Editorial
Gisele Barbosa São Carlos Institute Of Physics, University Of São Paulo, Brazil
Recieved on: 2024-04-03, Accepted on: 2024-04-22, Published on: 2024-04-28
The discovery and development of new pharmaceuticals drugs present a mounting challenge, marked by increasing complexity and costs. Late-stage failures, particularly in phase III trials, carry significant financial burdens. Notably, attrition rates are higher during phase II and submission phases. Consequently, drug discovery initiatives have heavily invested in frontloading activities aimed at mitigating risks and minimizing attrition during the early stages of drug development [1]. Thus, early screening and optimization of drug metabolism and pharmacokinetics (DMPK), alongside considerations of physicochemical properties, have emerged as pivotal factors. These efforts aim to ensure that compounds exhibit desirable attributes such as solubility, permeability, oral bioavailability, suitable half-life, clearance for dosing regimens, and lack of drug-drug interactions [1]. Such criteria constitute integral components of rational drug discovery, necessitating the utilization and further refinement of well-established in vitro, in vivo, and in silico methodologies [2,3]. Numerous studies have elucidated the influence and significance of descriptors encompassing both calculated physical and chemical properties and ADME (Absorption, Distribution, Metabolism, and Excretion) properties of compounds. These descriptors furnish reliable in silico insights, facilitating informed decision-making throughout the drug development pipeline [4]. Emphasizing the assessment of developability risks associated with a molecule's progression into clinical development, these studies enhance the prospects of success for novel drug candidates. Consequently, there is a pressing need for the advancement of machine learning methods and in silico programs to provide more nuanced assessments of drug-like properties to researchers.

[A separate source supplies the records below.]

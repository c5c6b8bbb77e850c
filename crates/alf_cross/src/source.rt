// What the chroma samples of a piece are corrected from.
ghost use Rattle.std.specs.Prelude.{ℕ, ◌≤◌, ◌<◌, get_or};
ghost use Rattle.alf_cross.specs.Taps.{SmallTaps};

// A piece's split copy, the chroma plane, the seven coefficients and the bit depth.
#[derive(Clone, Copy)]
pub struct CrossSource<'a> {
    pub split: &'a [u16],
    pub chroma: &'a [u16],
    pub coeffs: [i16; 7],
    pub depth: u32,
    pub ghost samples: { (k : ℕ) → get_or chroma.now k 0 < 4096 },
    pub ghost small: { SmallTaps coeffs },
    pub ghost depth_low: { 1 ≤ depth },
    pub ghost depth_high: { depth ≤ 12 },
}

The Importance Of DMPK Researches. Pharm Drug Inno 2:1 With a contemporary outlook, recognizing the pivotal role of animal models in predicting pharmacokinetics during the preclinical phase underscores the importance of adopting alternative methodologies. The inherent limitations and discrepancies between human and animal physiology necessitate innovative approaches to circumvent erroneous pharmacokinetic predictions. Consequently, there is a growing momentum towards reducing and ultimately prohibiting animal testing in drug discovery. In this context, in vitro tests utilizing human-derived cells have emerged as effective alternatives [5]. Microfluidic technology has garnered attention as a transformative tool in cell-based assays, offering platforms such as cell-on-a-chip, single/multiple organ-on-a-chip, and body-ona-chip. By faithfully replicating in vitro environments, these platforms facilitate the maintenance of cellular function and morphology, as well as the emulation of organ interactions. Notably, body-on-a-chip models integrating multi-organ functions hold promise for predicting complex organ interactions [5,6]. Moreover, physiologically-based pharmacokinetic (PBPK) modelling and in vitro system technologies have emerged as invaluable tools for comprehending the ADME processes of drugs in the early stages of drug discovery. The insights gleaned from these studies contribute significantly to advancing our understanding of the therapeutic effects of drugs on human pathophysiology. Continued progress in preclinical trials is imperative to ensure a streamlined and cost-effective drug development process, ultimately yielding safer medications.